■ Given records ■

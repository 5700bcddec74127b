//! The walk of an export.

ghost use Rattle.std.specs.Prelude.{◌≡◌, [], IfOk, IfSome, OnOk, false};
ghost use Rattle.nfs3_types.specs.Procedures.{changes_the_tree, procedure_called};
ghost use Rattle.walk_accounts.specs.Accounts.{IsTold};
ghost use Rattle.night_start.specs.Walked.{learned};

use crate::explorer::Explorer;
use crate::refusal::WalkFault;
use crate::settings::Settings;
use nfs3_types::{FileHandle, NfsCall, NfsReply};
use std::alloc::{AllocError, Global};
use std::marker::Model;
use tree_starts::Start;
use walk_accounts::{Exchange, start_of};

/// The walk of an export: calls out, replies in, and at the end the objects that stand there. A contract sees the root's handle and the
/// exchanges so far.
pub struct Walk {
    alloc: Global,
    root: FileHandle,
    exchanges: Vec<Exchange>,
    pub(crate) explorer: Explorer,
}

impl Model for Walk {
    ghost use Rattle.night_start.specs.Walked.{Walked};

    ghost Value = { Walked };

    ghost view = { λ w. record { root = w.root; exchanges = w.exchanges.items } };
}

impl Drop for Walk {
    fn drop(self) {
        let Walk {
            alloc: _,
            root,
            exchanges,
            explorer,
        } = self;
        drop(root);
        drop(exchanges);
        drop(explorer);
    }
}

impl Walk {
    /// A walk of the export with this root.
    pub fn new(alloc: Global, root: FileHandle, settings: Settings) -> Result<Walk, AllocError>
        ensures { IfOk result (λ walk. walk ≡ record { root = root; exchanges = [] }) }
    {
        let explorer = Explorer::new(alloc, &root, settings)?;
        Ok(Walk {
            alloc,
            root,
            exchanges: Vec::new(alloc),
            explorer,
        })
    }

    /// What is asked next; nothing at the end. One call is on its way at a time.
    pub fn next(&self) -> Result<Option<NfsCall>, AllocError>
        // It changes nothing.
        ensures { IfOk result (λ next. IfSome next (λ call. changes_the_tree (procedure_called call) ≡ false)) }
    {
        self.explorer.next()
    }

    /// Takes in the reply to what was asked, with the call. Behind a fault the walk can't go on.
    pub fn learn(&mut self, call: NfsCall, reply: NfsReply) -> Result<(), WalkFault>
        ensures { OnOk result (self.new ≡ learned self.old call reply) }
    {
        self.exchanges.reserve(1)?;
        self.explorer.learn(self.exchanges.len(), &call, &reply)?;
        self.exchanges.push(Exchange { call, reply }).unwrap();
        Ok(())
    }

    /// The objects that stand at the export, behind the last reply.
    pub fn finish(&self) -> Result<Start, WalkFault>
        // They are what the exchanges say.
        ensures { IfOk result (λ start. IsTold self.now.root self.now.exchanges start) }
    {
        let found = start_of(
            self.alloc,
            self.root.as_slice(),
            self.exchanges.as_slice(),
            self.explorer.known.accounts.as_slice(),
        );
        match found {
            Ok(Some(start)) => Ok(start),
            Ok(None) => Err(self.explorer.unfinished()),
            Err(fault) => Err(self.explorer.no_start(fault)),
        }
    }
}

■ What you will do ■
Look over the entries for "specs", then copy every line that includes that string.

■ Result of this exercise ■
ghost use Rattle.std.specs.Prelude.{◌≡◌, [], IfOk, IfSome, OnOk, false};
ghost use Rattle.nfs3_types.specs.Procedures.{changes_the_tree, procedure_called};
ghost use Rattle.walk_accounts.specs.Accounts.{IsTold};
ghost use Rattle.night_start.specs.Walked.{learned};
    ghost use Rattle.night_start.specs.Walked.{Walked};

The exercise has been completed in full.